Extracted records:
»»
//! Folders in memory.
ghost use Rattle.std.specs.Prelude.{◌≡◌, Some, None, false, map, IfOk, MatchOption};
ghost use Rattle.std.specs.List.{list_all};
ghost use Rattle.std.specs.Option.{option_copied, option_map};
ghost use Rattle.std.specs.Path.{components_remaining};
ghost use Rattle.std.specs.String.{string_bytes};
ghost use Rattle.notify_paths.specs.PathText.{part_of};
ghost use Rattle.poll_rounds.specs.Folders.{AreNames, IsTree, has_own_length};
ghost use Rattle.test_fakes.specs.Folders.Tree.{name_in, only_name};

use notify_paths::{Error, PathBuf};
use poll_listing::{Found, Listing, components_past};
use poll_rounds::Folders;
use std::alloc::{AllocError, Allocator};
use std::path::{Component, Components};

/// A tree of folders in memory, that tells what it holds.
#[derive(Drop)]
pub struct TreeFolders<A: Allocator> {
    alloc: A,
    tree: Listing<A>,
}

impl<A: Allocator + Copy> TreeFolders<A> {
    /// Returns folders that hold what the listing has. It is `None` if something that isn't a file has
    /// a length there.
    pub fn new(alloc: A, tree: Listing<A>) -> Option<TreeFolders<A>>
        ensures { MatchOption result (list_all has_own_length tree
            ≡ false) (λ folders. (folders.tree ≡ tree) × IsTree folders.tree) }
    {
        if has_own_lengths(&tree) {
            Some(TreeFolders { alloc, tree })
        } else {
            None
        }
    }
}

/// Whether only files have lengths.
fn has_own_lengths<A: Allocator>(tree: &Listing<A>) -> bool
    ensures { result ≡ list_all has_own_length tree.now }
{
    let mut rest = tree.iter();
    while let Some((_path, found)) = rest.next() {
        if !found.kind.is_file() && found.length != 0 {
            return false;
        }
    }
    true
}

/// The name of what stands at the path, if it stands in the folder and has one.
fn name_in<'a, A: Allocator>(folder: &PathBuf<A>, path: &'a PathBuf<A>) -> Option<&'a str>
    ensures { option_copied result ≡ name_in folder.now path.now }
{
    if path.starts_with(folder) {
        only_name(components_past(folder, path))
    } else {
        None
    }
}

/// The one component, if there is one and it is a name.
fn only_name(mut components: Components<'_>) -> Option<&str>
    ensures { option_copied result
        ≡ only_name (map part_of (components_remaining components.entry)) }
{
    match (components.next(), components.next()) {
        (Some(Component::Normal(name)), None) => Some(name),
        _ => None,
    }
}

/// The names of the entries in the folder.
fn names_in<A: Allocator + Copy>(
    alloc: A,
    tree: &Listing<A>,
    folder: &PathBuf<A>,
) -> Result<Vec<String<A>, A>, AllocError>
    ensures { IfOk result (λ names. AreNames tree.now folder.now (map string_bytes names.items)) }
{
    let mut names = Vec::new(alloc);
    let mut rest = tree.iter();
    while let Some((path, _found)) = rest.next() {
        if let Some(name) = name_in(folder, path) {
            names.push(String::from_str(alloc, name)?)?;
        }
    }
    Ok(names)
}

impl<A: Allocator + Copy> Folders<A> for TreeFolders<A> {
    ghost told = { λ folders. Some folders.tree };

    ghost failed = { λ _. 0 };

    fn look(&mut self, path: &PathBuf<A>) -> Result<Option<Found>, Error<A>> {
        Ok(self.tree.get(path))
    }

    fn names(&mut self, path: &PathBuf<A>) -> Result<Option<Vec<String<A>, A>>, Error<A>> {
        match self.tree.get(path) {
            Some(found) if found.kind.is_folder() => {}
            _ => return Ok(None),
        }
        match names_in(self.alloc, &self.tree, path) {
            Ok(names) => Ok(Some(names)),
            Err(_) => Err(Error::out_of_memory(self.alloc)),
        }
    }

    fn failures(&self) -> u64 {
        0
    }
}
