//! Folders in which files have numbers, for tests.
ghost use Rattle.std.specs.Prelude.{◌≡◌, ◌≤◌, None};

use notify_paths::{Error, PathBuf};
use poll_listing::{FileNumber, Found};
use poll_rounds::Folders;
use std::alloc::Allocator;

/// Other folders, in which what stands at some paths has a number.
#[derive(Drop)]
pub struct NumberedFolders<A: Allocator, D: Drop> {
    inner: D,
    numbers: Vec<(PathBuf<A>, FileNumber), A>,
}

impl<A: Allocator, D: Drop> NumberedFolders<A, D> {
    /// Returns the folders with these numbers. Of two for one path the first counts.
    pub fn new(inner: D, numbers: Vec<(PathBuf<A>, FileNumber), A>) -> NumberedFolders<A, D>
        ensures inner { result.inner ≡ inner }
        ensures numbers { result.numbers ≡ numbers }
    {
        NumberedFolders { inner, numbers }
    }

    /// The number of what stands at the path.
    fn number_at(&self, path: &PathBuf<A>) -> FileNumber {
        for (place, number) in &self.numbers {
            if *place == *path {
                return *number;
            }
        }
        FileNumber::Unknown
    }
}

impl<A: Allocator, D: Folders<A> + Drop> Folders<A> for NumberedFolders<A, D> {
    ghost told = { λ _. None };

    ghost failed = { λ s. D.failed s.inner };

    fn look(&mut self, path: &PathBuf<A>) -> Result<Option<Found>, Error<A>> {
        let Some(found) = self.inner.look(path)? else {
            return Ok(None);
        };
        Ok(Some(Found {
            number: self.number_at(path),
            ..found
        }))
    }

    fn names(&mut self, path: &PathBuf<A>) -> Result<Option<Vec<String<A>, A>>, Error<A>> {
        self.inner.names(path)
    }

    fn failures(&self) -> u64 {
        self.inner.failures()
    }
}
««
Work to be completed: Please show each line in the records above that contains "kind".

Answer for this exercise:
        if !found.kind.is_file() && found.length != 0 {
            Some(found) if found.kind.is_folder() => {}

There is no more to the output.